Exercise
In the records below, find the lines that include "impl" and copy each.

########################################

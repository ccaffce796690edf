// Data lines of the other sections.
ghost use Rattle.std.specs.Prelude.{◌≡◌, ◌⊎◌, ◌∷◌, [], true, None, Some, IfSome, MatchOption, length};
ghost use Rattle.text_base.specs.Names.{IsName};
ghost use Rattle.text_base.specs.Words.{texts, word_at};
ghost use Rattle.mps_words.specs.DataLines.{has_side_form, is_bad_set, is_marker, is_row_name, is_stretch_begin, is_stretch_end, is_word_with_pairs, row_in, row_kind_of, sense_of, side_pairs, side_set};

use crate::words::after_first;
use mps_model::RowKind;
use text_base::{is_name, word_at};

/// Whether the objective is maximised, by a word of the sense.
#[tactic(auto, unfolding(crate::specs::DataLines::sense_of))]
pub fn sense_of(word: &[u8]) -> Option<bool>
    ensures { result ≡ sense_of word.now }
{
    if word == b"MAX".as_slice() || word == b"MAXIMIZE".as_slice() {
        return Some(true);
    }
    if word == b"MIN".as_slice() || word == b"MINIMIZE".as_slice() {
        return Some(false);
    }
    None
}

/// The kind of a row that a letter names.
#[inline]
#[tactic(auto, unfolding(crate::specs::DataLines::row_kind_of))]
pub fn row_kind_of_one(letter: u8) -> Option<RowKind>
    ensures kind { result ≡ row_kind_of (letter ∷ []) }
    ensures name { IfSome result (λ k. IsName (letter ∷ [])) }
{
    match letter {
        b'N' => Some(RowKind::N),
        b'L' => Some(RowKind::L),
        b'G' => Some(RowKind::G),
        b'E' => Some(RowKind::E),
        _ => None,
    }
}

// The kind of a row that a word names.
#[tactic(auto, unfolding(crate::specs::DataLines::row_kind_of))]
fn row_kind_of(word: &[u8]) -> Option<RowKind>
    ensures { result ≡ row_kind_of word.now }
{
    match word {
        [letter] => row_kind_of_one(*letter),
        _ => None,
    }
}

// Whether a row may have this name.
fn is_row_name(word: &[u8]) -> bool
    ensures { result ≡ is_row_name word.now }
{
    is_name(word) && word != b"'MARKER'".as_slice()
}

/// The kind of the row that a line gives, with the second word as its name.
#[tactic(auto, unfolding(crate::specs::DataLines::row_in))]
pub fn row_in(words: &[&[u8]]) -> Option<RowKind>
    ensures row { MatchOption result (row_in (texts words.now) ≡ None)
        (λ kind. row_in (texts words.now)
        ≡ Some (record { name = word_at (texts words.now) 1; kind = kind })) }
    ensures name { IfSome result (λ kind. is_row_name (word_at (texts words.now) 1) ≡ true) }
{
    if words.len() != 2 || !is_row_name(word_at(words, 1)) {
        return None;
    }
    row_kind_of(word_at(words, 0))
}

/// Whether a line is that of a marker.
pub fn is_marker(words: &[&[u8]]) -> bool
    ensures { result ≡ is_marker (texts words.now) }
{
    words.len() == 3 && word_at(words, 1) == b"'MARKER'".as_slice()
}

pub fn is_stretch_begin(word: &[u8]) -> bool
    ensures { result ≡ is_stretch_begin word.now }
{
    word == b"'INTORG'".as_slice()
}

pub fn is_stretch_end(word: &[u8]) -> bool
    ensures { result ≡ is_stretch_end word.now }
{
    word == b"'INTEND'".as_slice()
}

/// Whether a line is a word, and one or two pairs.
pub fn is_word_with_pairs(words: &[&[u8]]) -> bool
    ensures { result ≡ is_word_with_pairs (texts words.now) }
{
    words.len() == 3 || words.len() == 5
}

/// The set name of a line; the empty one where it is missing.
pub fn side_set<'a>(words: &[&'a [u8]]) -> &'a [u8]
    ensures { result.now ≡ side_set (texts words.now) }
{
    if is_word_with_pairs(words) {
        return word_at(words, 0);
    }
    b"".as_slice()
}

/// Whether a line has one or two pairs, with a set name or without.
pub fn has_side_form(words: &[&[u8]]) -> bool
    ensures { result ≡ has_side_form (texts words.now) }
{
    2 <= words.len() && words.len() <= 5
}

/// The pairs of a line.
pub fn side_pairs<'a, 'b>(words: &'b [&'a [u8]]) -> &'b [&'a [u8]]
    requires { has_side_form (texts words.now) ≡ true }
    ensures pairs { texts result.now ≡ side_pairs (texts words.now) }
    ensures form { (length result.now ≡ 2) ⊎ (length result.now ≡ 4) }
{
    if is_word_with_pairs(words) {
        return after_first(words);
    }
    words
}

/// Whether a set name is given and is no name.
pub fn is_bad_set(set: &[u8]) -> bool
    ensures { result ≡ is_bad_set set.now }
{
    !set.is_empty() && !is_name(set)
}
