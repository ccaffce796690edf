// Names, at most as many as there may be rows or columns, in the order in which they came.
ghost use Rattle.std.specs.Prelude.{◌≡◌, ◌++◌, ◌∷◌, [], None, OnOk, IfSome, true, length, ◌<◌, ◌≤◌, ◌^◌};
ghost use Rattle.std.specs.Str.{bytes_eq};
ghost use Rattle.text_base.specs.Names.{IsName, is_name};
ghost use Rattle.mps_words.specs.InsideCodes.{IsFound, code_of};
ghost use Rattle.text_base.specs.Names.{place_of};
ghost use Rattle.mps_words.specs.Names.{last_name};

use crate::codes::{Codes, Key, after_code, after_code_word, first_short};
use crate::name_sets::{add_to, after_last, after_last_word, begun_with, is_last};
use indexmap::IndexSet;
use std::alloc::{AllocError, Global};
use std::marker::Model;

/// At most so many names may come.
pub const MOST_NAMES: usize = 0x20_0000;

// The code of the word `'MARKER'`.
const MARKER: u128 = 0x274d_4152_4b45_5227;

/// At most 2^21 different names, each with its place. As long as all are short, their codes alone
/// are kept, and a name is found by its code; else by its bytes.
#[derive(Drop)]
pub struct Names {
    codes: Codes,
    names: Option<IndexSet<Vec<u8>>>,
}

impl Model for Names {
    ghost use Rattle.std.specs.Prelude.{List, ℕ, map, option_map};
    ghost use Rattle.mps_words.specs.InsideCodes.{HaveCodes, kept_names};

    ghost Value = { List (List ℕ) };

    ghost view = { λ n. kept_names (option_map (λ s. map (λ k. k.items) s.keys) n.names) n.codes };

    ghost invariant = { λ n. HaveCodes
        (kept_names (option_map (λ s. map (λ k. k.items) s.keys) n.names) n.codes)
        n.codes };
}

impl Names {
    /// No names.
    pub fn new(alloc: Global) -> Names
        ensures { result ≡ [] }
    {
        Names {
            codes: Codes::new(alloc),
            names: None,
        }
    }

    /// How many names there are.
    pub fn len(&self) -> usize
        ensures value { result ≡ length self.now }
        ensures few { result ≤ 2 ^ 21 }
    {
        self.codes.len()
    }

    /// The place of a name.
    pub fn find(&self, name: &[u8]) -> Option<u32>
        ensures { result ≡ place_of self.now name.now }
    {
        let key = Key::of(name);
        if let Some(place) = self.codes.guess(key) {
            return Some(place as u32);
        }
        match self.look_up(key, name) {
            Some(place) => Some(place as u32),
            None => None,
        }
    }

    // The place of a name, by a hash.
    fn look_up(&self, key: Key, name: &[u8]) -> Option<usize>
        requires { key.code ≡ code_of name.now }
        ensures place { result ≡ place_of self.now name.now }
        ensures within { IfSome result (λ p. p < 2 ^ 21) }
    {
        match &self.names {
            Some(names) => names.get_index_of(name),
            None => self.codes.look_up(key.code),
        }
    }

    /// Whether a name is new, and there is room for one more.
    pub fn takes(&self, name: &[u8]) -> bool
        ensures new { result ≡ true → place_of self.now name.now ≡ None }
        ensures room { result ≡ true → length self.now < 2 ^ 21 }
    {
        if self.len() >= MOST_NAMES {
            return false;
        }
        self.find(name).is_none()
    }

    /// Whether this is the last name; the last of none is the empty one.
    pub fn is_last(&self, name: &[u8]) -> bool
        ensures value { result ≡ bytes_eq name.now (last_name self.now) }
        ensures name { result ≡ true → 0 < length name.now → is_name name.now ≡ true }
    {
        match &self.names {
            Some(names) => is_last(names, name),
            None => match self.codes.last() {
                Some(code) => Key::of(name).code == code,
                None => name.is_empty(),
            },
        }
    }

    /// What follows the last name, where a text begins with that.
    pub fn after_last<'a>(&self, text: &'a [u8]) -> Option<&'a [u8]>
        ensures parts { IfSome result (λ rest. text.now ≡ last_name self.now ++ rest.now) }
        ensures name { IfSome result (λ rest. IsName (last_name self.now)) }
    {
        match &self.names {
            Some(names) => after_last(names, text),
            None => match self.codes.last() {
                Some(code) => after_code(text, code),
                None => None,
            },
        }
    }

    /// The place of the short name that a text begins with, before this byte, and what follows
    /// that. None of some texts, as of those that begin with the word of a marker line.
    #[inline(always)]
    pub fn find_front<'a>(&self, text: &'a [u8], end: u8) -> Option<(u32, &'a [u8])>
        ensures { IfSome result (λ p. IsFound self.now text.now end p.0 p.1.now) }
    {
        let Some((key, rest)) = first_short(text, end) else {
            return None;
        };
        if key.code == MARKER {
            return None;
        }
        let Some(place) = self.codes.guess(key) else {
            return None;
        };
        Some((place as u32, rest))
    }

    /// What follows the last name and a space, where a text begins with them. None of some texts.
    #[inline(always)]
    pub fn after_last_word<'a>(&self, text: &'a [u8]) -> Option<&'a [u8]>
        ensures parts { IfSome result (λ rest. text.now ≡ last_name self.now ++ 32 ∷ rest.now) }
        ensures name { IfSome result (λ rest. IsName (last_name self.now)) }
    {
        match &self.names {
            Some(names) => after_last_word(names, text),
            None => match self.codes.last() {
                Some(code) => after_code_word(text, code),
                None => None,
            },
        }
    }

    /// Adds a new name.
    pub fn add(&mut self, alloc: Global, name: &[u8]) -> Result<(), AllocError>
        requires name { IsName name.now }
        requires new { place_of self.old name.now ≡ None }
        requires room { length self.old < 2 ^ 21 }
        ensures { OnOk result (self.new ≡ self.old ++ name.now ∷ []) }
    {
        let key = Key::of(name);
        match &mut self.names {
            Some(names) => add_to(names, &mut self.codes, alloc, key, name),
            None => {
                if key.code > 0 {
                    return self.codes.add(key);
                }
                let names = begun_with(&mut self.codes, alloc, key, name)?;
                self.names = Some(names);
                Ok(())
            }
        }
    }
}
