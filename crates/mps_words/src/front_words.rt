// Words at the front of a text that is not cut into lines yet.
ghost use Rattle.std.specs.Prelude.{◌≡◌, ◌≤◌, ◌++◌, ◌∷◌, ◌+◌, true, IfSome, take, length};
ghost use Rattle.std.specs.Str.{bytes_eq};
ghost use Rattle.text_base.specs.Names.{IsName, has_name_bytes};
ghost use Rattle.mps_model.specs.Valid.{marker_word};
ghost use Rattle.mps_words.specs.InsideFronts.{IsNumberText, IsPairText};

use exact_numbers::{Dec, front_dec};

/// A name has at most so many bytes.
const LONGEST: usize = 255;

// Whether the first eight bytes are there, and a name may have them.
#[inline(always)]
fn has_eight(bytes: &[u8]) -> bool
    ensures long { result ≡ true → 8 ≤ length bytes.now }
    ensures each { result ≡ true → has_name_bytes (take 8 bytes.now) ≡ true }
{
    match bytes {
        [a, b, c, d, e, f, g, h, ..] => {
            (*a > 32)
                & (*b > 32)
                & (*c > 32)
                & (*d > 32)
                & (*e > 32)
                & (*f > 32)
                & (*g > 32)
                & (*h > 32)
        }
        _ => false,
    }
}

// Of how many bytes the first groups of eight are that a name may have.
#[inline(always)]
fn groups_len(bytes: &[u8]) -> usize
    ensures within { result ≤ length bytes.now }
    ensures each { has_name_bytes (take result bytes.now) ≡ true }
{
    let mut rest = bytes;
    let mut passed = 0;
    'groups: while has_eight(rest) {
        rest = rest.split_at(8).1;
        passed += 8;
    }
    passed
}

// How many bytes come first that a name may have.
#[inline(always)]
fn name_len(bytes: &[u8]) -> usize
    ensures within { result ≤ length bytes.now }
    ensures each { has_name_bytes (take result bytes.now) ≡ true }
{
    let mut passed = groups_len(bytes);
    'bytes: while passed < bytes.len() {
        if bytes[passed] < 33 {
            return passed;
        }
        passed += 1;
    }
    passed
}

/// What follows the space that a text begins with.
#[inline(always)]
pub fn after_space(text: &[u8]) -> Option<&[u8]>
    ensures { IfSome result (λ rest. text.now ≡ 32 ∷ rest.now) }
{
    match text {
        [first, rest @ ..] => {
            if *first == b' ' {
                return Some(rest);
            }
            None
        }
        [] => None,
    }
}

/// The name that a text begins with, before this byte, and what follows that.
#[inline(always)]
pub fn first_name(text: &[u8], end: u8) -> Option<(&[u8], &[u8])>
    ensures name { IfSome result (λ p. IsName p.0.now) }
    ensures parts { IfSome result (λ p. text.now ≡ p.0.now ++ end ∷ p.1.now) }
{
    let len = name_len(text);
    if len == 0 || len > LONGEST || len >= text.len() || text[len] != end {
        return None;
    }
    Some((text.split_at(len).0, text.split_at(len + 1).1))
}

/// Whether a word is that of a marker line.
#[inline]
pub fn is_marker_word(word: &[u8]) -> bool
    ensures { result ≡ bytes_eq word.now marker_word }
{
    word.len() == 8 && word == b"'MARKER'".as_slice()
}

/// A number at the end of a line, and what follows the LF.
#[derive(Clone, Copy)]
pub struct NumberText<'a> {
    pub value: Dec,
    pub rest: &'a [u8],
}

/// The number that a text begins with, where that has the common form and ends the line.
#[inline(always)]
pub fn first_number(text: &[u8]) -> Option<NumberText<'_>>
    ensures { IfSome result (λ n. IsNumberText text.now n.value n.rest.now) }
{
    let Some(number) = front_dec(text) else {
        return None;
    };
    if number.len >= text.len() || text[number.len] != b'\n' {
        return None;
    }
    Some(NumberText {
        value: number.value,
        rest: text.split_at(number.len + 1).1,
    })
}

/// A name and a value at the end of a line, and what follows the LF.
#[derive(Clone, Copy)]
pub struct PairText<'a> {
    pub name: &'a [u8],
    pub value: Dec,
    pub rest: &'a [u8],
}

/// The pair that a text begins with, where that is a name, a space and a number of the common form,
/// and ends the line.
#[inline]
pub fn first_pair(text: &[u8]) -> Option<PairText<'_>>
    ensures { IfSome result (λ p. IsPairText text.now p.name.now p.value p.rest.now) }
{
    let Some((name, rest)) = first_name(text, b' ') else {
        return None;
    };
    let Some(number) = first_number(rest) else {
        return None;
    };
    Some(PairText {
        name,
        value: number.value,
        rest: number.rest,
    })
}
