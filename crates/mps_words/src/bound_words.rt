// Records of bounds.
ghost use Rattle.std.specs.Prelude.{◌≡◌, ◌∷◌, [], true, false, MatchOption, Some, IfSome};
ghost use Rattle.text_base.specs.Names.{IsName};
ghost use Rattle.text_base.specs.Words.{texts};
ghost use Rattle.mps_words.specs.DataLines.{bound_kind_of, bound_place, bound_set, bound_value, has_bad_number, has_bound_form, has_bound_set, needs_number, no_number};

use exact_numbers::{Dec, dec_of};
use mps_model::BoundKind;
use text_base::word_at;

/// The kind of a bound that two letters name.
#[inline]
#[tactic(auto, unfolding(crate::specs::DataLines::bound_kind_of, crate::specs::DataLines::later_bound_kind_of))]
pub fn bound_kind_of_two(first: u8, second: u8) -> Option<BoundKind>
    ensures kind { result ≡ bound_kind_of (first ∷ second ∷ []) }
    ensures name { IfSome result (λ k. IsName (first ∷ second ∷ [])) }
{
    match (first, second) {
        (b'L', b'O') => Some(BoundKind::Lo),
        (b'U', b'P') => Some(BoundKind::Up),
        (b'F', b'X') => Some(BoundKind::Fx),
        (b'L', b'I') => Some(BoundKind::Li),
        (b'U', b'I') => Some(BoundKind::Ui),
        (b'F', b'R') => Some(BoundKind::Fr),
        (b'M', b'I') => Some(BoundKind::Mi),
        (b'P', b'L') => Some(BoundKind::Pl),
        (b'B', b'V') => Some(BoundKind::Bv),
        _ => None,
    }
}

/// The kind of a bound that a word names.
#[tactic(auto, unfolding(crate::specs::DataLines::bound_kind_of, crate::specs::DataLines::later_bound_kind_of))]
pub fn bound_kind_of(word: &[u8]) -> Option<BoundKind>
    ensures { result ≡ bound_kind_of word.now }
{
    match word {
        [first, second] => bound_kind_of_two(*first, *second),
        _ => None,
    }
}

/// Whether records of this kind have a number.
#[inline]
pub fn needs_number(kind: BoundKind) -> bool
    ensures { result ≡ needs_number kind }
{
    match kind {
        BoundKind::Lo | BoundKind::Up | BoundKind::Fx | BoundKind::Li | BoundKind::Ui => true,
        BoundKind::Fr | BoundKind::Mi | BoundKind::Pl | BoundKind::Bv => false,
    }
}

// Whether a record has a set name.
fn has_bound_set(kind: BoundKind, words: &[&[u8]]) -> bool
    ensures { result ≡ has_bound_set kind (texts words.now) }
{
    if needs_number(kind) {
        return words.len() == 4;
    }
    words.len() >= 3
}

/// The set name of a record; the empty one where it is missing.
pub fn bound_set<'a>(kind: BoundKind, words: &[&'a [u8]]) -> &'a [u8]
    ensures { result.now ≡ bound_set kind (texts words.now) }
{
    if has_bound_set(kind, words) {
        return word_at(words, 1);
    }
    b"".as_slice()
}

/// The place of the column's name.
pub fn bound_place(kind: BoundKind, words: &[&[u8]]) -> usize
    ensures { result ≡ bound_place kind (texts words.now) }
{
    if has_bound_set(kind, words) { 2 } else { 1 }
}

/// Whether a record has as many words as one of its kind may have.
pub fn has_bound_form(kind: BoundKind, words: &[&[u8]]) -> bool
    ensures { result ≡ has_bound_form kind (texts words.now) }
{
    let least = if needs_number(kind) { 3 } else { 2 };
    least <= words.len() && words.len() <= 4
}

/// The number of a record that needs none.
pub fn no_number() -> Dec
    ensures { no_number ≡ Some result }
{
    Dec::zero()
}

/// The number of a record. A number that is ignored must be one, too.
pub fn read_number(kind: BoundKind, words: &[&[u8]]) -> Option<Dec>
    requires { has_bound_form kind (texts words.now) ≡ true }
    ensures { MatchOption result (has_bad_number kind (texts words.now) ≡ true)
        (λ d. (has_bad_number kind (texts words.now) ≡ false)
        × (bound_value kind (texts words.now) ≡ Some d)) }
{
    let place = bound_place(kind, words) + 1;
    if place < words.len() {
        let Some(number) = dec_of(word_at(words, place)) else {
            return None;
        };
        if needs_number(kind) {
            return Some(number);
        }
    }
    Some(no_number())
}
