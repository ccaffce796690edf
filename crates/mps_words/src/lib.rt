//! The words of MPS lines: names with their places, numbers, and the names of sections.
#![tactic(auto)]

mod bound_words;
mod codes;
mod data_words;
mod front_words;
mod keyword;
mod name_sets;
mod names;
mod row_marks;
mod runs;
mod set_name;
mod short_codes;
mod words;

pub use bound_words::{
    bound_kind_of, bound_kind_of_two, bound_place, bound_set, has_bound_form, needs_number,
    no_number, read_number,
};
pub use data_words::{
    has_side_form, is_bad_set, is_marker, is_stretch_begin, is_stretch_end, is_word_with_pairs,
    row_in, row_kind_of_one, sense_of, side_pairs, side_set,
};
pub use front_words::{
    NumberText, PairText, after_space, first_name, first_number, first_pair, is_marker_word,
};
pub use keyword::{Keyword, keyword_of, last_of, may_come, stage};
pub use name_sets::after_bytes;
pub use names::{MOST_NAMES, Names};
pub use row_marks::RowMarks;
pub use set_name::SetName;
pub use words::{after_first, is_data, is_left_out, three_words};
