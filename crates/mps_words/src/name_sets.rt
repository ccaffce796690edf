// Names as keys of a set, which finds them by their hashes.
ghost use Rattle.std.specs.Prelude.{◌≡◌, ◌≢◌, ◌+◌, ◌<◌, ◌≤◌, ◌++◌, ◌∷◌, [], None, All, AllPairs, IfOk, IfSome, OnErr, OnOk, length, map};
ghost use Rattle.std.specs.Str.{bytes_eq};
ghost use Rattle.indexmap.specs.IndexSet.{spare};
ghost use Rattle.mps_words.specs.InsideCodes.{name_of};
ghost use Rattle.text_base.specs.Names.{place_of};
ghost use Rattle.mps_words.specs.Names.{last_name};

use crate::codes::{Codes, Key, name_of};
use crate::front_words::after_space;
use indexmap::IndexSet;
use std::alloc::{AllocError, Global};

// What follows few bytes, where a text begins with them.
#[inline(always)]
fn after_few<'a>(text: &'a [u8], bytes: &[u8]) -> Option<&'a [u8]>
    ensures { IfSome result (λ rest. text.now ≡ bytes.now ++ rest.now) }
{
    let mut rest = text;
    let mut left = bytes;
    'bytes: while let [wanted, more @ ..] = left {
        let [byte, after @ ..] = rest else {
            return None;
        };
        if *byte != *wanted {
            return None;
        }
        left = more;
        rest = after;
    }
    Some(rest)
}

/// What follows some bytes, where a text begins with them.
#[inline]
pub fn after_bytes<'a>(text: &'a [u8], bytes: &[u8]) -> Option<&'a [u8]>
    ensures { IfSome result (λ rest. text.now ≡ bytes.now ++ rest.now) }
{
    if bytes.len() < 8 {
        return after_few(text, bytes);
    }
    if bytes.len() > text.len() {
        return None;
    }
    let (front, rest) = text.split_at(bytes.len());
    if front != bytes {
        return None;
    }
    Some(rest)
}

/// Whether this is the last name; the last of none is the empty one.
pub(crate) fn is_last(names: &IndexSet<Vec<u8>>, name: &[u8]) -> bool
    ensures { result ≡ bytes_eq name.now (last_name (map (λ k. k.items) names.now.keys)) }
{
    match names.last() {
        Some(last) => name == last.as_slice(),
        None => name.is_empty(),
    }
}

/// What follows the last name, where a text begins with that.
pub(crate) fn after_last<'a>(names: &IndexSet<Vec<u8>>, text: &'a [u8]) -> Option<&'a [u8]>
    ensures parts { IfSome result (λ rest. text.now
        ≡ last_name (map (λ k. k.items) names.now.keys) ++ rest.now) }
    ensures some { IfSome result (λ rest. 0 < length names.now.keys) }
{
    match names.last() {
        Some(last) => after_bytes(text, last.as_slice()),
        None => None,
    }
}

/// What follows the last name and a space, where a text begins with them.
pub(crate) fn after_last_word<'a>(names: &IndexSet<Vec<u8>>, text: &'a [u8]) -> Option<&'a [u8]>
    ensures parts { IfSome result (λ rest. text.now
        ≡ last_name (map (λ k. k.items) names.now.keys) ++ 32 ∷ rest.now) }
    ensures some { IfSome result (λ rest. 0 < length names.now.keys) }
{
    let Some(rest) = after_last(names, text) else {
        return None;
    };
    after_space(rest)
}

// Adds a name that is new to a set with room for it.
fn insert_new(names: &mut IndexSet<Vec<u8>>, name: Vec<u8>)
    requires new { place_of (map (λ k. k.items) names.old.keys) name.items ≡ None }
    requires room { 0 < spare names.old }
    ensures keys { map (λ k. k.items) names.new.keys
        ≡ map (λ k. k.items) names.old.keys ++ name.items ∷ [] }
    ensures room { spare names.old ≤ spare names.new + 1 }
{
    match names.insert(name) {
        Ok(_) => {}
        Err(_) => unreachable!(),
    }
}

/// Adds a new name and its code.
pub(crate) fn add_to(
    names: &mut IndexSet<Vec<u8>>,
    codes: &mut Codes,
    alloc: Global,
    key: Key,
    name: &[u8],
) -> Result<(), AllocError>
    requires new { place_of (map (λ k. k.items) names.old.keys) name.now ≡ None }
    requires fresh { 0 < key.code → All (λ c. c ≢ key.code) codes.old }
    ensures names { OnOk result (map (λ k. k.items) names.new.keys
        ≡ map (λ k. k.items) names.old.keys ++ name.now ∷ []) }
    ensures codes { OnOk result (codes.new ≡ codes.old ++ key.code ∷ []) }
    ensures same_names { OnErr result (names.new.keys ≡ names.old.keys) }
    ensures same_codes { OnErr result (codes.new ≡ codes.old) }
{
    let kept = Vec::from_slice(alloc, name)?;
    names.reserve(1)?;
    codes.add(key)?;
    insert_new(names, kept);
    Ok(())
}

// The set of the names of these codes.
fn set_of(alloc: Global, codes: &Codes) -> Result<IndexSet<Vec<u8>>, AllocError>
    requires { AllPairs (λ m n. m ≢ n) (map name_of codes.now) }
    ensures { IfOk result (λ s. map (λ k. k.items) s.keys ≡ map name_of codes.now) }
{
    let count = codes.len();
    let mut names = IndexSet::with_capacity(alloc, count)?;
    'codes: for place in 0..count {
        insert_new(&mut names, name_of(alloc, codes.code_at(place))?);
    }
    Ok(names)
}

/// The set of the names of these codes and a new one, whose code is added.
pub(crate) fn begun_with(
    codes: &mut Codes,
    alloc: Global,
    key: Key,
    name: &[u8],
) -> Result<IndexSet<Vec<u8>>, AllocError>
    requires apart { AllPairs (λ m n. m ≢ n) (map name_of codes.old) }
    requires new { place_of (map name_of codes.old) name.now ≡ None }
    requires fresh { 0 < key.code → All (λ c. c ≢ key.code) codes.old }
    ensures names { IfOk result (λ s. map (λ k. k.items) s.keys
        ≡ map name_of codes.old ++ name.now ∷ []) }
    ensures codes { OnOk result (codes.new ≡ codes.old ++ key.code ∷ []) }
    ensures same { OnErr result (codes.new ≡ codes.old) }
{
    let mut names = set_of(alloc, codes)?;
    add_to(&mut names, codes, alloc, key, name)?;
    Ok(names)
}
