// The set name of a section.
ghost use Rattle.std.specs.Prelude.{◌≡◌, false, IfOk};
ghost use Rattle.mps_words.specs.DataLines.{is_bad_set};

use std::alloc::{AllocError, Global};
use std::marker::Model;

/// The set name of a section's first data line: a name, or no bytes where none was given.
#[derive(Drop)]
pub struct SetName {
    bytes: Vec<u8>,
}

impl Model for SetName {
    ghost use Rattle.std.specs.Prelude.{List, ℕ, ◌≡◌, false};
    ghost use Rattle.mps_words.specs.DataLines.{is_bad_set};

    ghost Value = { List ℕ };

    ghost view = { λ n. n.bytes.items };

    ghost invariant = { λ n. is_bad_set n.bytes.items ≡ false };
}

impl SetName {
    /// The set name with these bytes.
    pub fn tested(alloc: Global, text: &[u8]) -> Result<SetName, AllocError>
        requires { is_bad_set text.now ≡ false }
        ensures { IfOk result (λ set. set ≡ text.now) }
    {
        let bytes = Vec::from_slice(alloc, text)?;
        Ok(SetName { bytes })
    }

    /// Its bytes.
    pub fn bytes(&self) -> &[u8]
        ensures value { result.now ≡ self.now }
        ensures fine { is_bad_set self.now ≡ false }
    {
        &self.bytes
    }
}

########################################

Solution
impl Model for Names {
impl Names {
impl Model for SetName {
impl SetName {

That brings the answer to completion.